**WHAT IS NEEDED:** Return the lines below exactly as they appear, please, starting with the first and ending with the one that contains "line: the figures".
*** RECORDS SHOWN ***
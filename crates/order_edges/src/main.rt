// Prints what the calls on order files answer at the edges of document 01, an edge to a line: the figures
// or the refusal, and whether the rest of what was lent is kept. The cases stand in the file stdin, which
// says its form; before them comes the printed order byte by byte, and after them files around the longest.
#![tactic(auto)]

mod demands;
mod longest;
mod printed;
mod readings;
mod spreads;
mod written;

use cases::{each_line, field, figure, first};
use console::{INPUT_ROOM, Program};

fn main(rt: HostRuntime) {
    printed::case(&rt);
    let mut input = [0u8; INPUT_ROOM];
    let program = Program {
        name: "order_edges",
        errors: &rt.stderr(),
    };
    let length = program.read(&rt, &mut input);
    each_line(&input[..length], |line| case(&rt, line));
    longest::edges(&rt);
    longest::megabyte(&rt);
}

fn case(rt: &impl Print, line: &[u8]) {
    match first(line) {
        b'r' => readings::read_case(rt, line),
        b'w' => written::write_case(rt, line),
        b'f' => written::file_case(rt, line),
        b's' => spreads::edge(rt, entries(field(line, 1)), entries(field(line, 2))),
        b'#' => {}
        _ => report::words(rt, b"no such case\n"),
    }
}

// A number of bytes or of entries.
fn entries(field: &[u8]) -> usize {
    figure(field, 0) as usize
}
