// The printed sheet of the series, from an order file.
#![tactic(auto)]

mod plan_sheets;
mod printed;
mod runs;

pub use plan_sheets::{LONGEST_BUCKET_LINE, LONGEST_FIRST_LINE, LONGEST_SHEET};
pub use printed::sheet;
*** End of RECORDS SHOWN ***
**SOLUTION FOR THIS TASK:**
filename crates/order_edges/src/main.rt
// Prints what the calls on order files answer at the edges of document 01, an edge to a line: the figures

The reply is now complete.